The Democratic Party is open to dialogue with Beijing over the political reform ahead, chairwoman Emily Lau Wai-hing said, despite the backlash it received for supporting the 2010 government package after closed-door talks with Beijing's representatives.
Veteran lawmaker Lau, 60, who was last month elected as the first female leader of the 18-year-old party, said: "We are neither guerrillas nor terrorists who have to go into war.
"There are only two options: war and negotiation. We support negotiation."
Lau, who succeeded Albert Ho Chun-yan, added: "But negotiation needs the right atmosphere and soil."
Lau accused the central government of dampening the party's development, despite its lawmakers' previous backing of Beijing's electoral reform.
In June 2010, the party drew flak for voting in favour of the reform proposals for the 2012 chief executive and Legislative Council elections, after private talks with Beijing's liaison office.
The package expanded the Election Committee, which elects the city's leader, from 800 to 1,200 and added five functional constituency and five geographical seats to the 60-seat legislature. But it came without a government commitment to abolish functional constituencies, which the pan-democrats see as a barrier to universal suffrage.

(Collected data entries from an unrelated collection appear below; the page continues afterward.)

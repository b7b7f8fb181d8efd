// What a queue of each kind answers: to all lines at once, and line by line.
use crate::answer::{Answer, ask_each};
use crate::call::{Call, Line, read_lines};
use crate::kind::{KINDS, queues_over, rows_of_kinds};
use std::test::Fail;
use subject::refusal::Refusal;

fn line(call: Call) -> Line {
    Line {
        number: 1,
        call: Some(call),
    }
}

#[test]
fn each_kind_answers_all_lines(rt: HostRuntime) -> Result<(), Fail> {
    let text = "rows 2\nput 1 5\nput 0 3\nput 2 9\n\ntake\nempty\ntake\n";
    let lines = read_lines(rt.alloc(), text)?;
    for kind in KINDS {
        let answers = kind.answers(rt.alloc(), 2, &lines)?;
        let expected = [
            Some(Answer::Rows(2)),
            Some(Answer::Put(Ok(()))),
            Some(Answer::Put(Ok(()))),
            Some(Answer::Put(Err(Refusal::NoSuchCell))),
            None,
            Some(Answer::Took(Some(3))),
            Some(Answer::Emptied),
            Some(Answer::Took(None)),
        ];
        assert!(rt; answers.as_slice() == expected.as_slice());
    }
    Ok(())
}

#[test]
fn all_kinds_answer_each_line(rt: HostRuntime) -> Result<(), Fail> {
    let mut rows = rows_of_kinds(rt.alloc(), 2)?;
    let mut queues = queues_over(rt.alloc(), &mut rows)?;
    let queues = queues.as_mut_slice();
    let mut answers = [None; 2];
    ask_each(queues, &line(Call::Put(1, 5)), &mut answers);
    assert!(rt; answers == [Some(Answer::Put(Ok(()))); 2]);
    ask_each(queues, &line(Call::Take), &mut answers);
    assert!(rt; answers == [Some(Answer::Took(Some(5))); 2]);
    Ok(())
}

Later this year, the government is set to kick start consultation over the electoral methods of the 2016 Legco and 2017 chief executive elections.
Lau said her party stood firm on its call for the government to set out the universal suffrage methods of the 2017 chief executive and 2020 Legco polls in one go, despite the Civic Party's apparently softening attitude.
More than a week ago, the Civic Party said it was willing to consider the government's proposal on electing the chief executive by "genuine" universal suffrage in 2017, even if the blueprint for the 2020 Legco polls is not put forward in the meantime.